Tonight (25.9.22) Rosh Hashanah begins: the Jewish new year 5783, a fresh start and reset in the spiritual calendar. This morning while I was driving to church, I saw a massive cross that the clouds had made in the centre of the sky. At first I dismissed it and thought that it was just a lovely cloud formation but seven miles down the road the cross was still in front of my car as though it was fixed in the sky. At that moment the Lord said to me 

 “the cross was the ultimate breakthrough”.  

I knew that this was a sign for us in this new spiritual year, that the Lord is creating breakthrough in our lives personally and corporately. Just as the cross made a way for us to have a relationship with Christ, the Lord is making a way for us to move into a new season in communion with him. Obstacles that have blocked our way are being overturned, restoration of lost seasons and relationships will begin and there will be a resurrection of dead hopes and dreams.  

In accordance with Ecclesiastes 3:1, the times and seasons are changing.
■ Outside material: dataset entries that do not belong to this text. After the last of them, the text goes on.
// Format: an image without entries.
#![tactic(auto)]

ghost use Rattle.std.specs.Prelude.{◌≡◌, true, false, not, ◌||◌, ◌+◌, ◌*◌, ◌≤◌, ◌<◌, length};
ghost use Rattle.owners.specs.Records.{records_of};
ghost use Rattle.geometry.specs.Geometry.{Fit, data_capacity};
ghost use Rattle.packet.specs.Packet.{write_page, write, after_writes};
ghost use Rattle.rules.specs.Control.{place_bytes, local_allowed};
ghost use Rattle.rules.specs.Format.{format as formatted};
ghost use Rattle.rules.specs.Result.{ok};
ghost use Rattle.rules.specs.Calls.{format_call};
ghost use Rattle.rules.specs.Promises.{Formats};
ghost use Rattle.marks.specs.Marks.{marks_from};
ghost use Rattle.rules.specs.Answers.{answer_of};
ghost use Rattle.volume.specs.Edits.{EditLeaves};
ghost use Rattle.format.specs.Formats.{control_field, bits_writes, emptied};

use geometry::{
    BITMAP_CONTROL_BYTES, BITMAP_CONTROL_PAST, BITMAP_FIELD_BYTES, BITMAP_FIELD_END,
    BITMAP_FIELD_PAST, Geometry, LOCAL_BITMAP, MAP_ADDRESS_AT, MARKER, MARKER_BYTES,
    MOST_CONTROL_BYTES, MOST_DATA_BYTES, MOST_LOCAL_PAGES, RECORD_BYTES,
};
use refusals::{Fault, Refusal};

// Bitmap control: the four bytes are the bitmap; they place a bitmap file.
const LOCAL: usize = LOCAL_BITMAP as usize;

const FILE: usize = 0;

// Fills a slice with the root's control field: marker, map address 0, bitmap control, four bytes.
pub fn fill_control(field: &mut [u8], n: usize, control: usize, four: &[u8])
    requires { (length field.old ≡ 6 + n) × (n ≤ 2) × (control < 256) × (length four.now ≡ 4) }
    ensures { field.new ≡ control_field n control four.now }
{
    geometry::put_number(field, 0, MARKER_BYTES, MARKER + n);
    geometry::put_number(field, MAP_ADDRESS_AT, n, 0);
    geometry::put_number(
        field,
        BITMAP_CONTROL_PAST + n,
        BITMAP_CONTROL_BYTES,
        control,
    );
    geometry::put_bytes(field, BITMAP_FIELD_PAST + n, four);
}

// Fills four bytes with the place of a bitmap file from page 1 on.
pub fn fill_place(four: &mut [u8], n: usize, count: usize)
    requires { (length four.old ≡ 4) × (1 ≤ n) × (n ≤ 2) }
    ensures { four.new ≡ place_bytes n 1 count }
{
    geometry::put_number(four, 0, BITMAP_FIELD_BYTES - 2 * n, 0);
    geometry::put_number(four, BITMAP_FIELD_BYTES - 2 * n, n, 1);
    geometry::put_number(four, BITMAP_FIELD_BYTES - n, n, count);
}

// Writes the root's page without entries.
fn write_root(image: &mut [u8], g: Geometry, control: usize, four: &[u8])
    requires fit { Fit g image.old }
    requires control_bound { (control < 256) × (length four.now ≡ 4) }
    ensures { image.new ≡ write_page g (write 0 (control_field g.width control four.now) 0) image.old }
{
    let mut field = [0u8; MOST_CONTROL_BYTES];
    let end = BITMAP_FIELD_END + g.width;
    fill_control(&mut field[..end], g.width, control, four);
    packet::write_page(image, g, 0, &field[..end], 0);
}

// Writes an image without entries whose bitmap is in the root: page 0 alone is in use.
fn write_local(image: &mut [u8], g: Geometry)
    requires { Fit g image.old }
    ensures { image.new ≡ emptied g true image.old }
{
    write_root(image, g, LOCAL, b"\x01\0\0\0");
}

// Writes a page of the bitmap file: so many bytes of the bitmap from byte `done` on. All pages below a bound are in use.
fn write_bytes(
    image: &mut [u8],
    g: Geometry,
    page: usize,
    next: usize,
    done: usize,
    size: usize,
    table: &[u8],
    below: usize,
)
    requires fit { Fit g image.old }
    requires page_lt_pages { (page < g.pages) × (size ≤ data_capacity g) × (done + size ≤ 65536) }
    ensures { image.new ≡ write_page g (write page (marks_from (records_of table.now) below (8 * done) size) next) image.old }
{
    let mut bytes = [0u8; MOST_DATA_BYTES];
    marks::fill(&mut bytes[..size], 8 * done, table, below);
    packet::write_page(image, g, page, &bytes[..size], next);
}

// Writes the bitmap file from page 1 upward: full packets, then the last.
pub fn write_bits(image: &mut [u8], g: Geometry, table: &[u8], below: usize)
    requires { Fit g image.old }
    ensures { image.new ≡ after_writes g (bits_writes g (records_of table.now) below) image.old }
{
    let capacity = g.data_capacity();
    let size = g.bitmap_size();
    let last = writes::pages_for(size, capacity);
    let mut done = 0;
    for page in 1..last {
        write_bytes(image, g, page, page + 1, done, capacity, table, below);
        done += capacity;
    }
    write_bytes(image, g, last, 0, done, size - done, table, below);
}

// Writes an image without entries with a bitmap file: the pages up to its last are in use, no others.
fn write_file(image: &mut [u8], g: Geometry, table: &mut [u8])
    requires fit { Fit g image.old }
    requires table_len { length table.old ≡ 4 * g.pages }
    ensures { image.new ≡ emptied g false image.old }
{
    let count = writes::pages_for(g.bitmap_size(), g.data_capacity());
    let mut four = [0u8; BITMAP_FIELD_BYTES];
    fill_place(&mut four, g.width, count);
    write_root(image, g, FILE, &four);
    owners::clear(table);
    write_bits(image, g, table, count + 1);
}

// Writes an image without entries.
fn write_empty(image: &mut [u8], g: Geometry, table: &mut [u8], local: bool)
    requires fit { Fit g image.old }
    requires table_len { length table.old ≡ 4 * g.pages }
    ensures { image.new ≡ emptied g local image.old }
{
    if local {
        write_local(image, g);
    } else {
        write_file(image, g, table);
    }
}

// Whether the bitmap may stand where it is asked for.
fn is_allowed(g: Geometry, local: bool) -> bool
    ensures { result ≡ (not local || local_allowed g) }
{
    if local {
        return g.pages <= MOST_LOCAL_PAGES;
    }
    true
}

// Formats an image whose geometry is known: 4 for a local bitmap with N above 32.
fn format_in(image: &mut [u8], g: Geometry, table: &mut [u8], local: bool) -> Result<(), Refusal>
    requires fit { Fit g image.old }
    requires table_len { length table.old ≡ 4 * g.pages }
    ensures { EditLeaves g image.old (formatted g local image.old) result image.new (records_of table.new) }
{
    if is_allowed(g, local) {
        write_empty(image, g, table, local);
        let _ = volume::check_table(image, g, table);
        return Ok(());
    }
    let _ = volume::check_table(image, g, table);
    Err(Refusal(Fault::Control, 0))
}

// Formats an image: page 0 and, unless the bitmap is to be local, the bitmap file from page 1 upward.
// Fills the owner table as a check of the image as it then stands.
pub fn format(
    image: &mut [u8],
    size: u32,
    pages: u32,
    table: &mut [u8],
    local: bool,
) -> Result<(), Refusal>
    ensures table_after { (answer_of result, image.new, table.new) ≡ format_call size pages image.old table.old local }
    ensures formats { Formats size pages image.old table.old local (answer_of result ≡ ok tt) (λ x. answer_of result ≡ x) image.new }
{
    let g = Geometry::new(size, pages, image.len(), table.len())?;
    let end = RECORD_BYTES * g.pages;
    format_in(image, g, &mut table[..end], local)
}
Last Friday was the autumn equinox and we entered a new season in both the physical and spiritual worlds. Here in the UK, we have experienced a physical shift from the reign of Elizabeth II to Charles III; this was not only a seasonal change but a shift into a whole new era. I and others have sensed that we are about to experience many changes in society and across the world; some of this new era will not be easy and there will further unrest to come, but I believe that the Lord was reminding me that the cross offers us protection for a new season and ventures. Whatever happens around us in the world, if we look to the Lord for guidance and strength, we will experience the Lord’s protection. By living in faith that he is with us, we reject the fear that the world is living in. Whenever we feel afraid, we should focus on the breakthrough of the cross.  

A few months ago, I heard the Lord say “anointing for change”. This new season requires a new anointing to carry us through to our Promised Land. When we commission people for God’s work, we traditionally anoint them with the sign of the cross on their foreheads. Isaiah 10:27 tells us that 

“and the yoke will be destroyed because of the anointing oil…” 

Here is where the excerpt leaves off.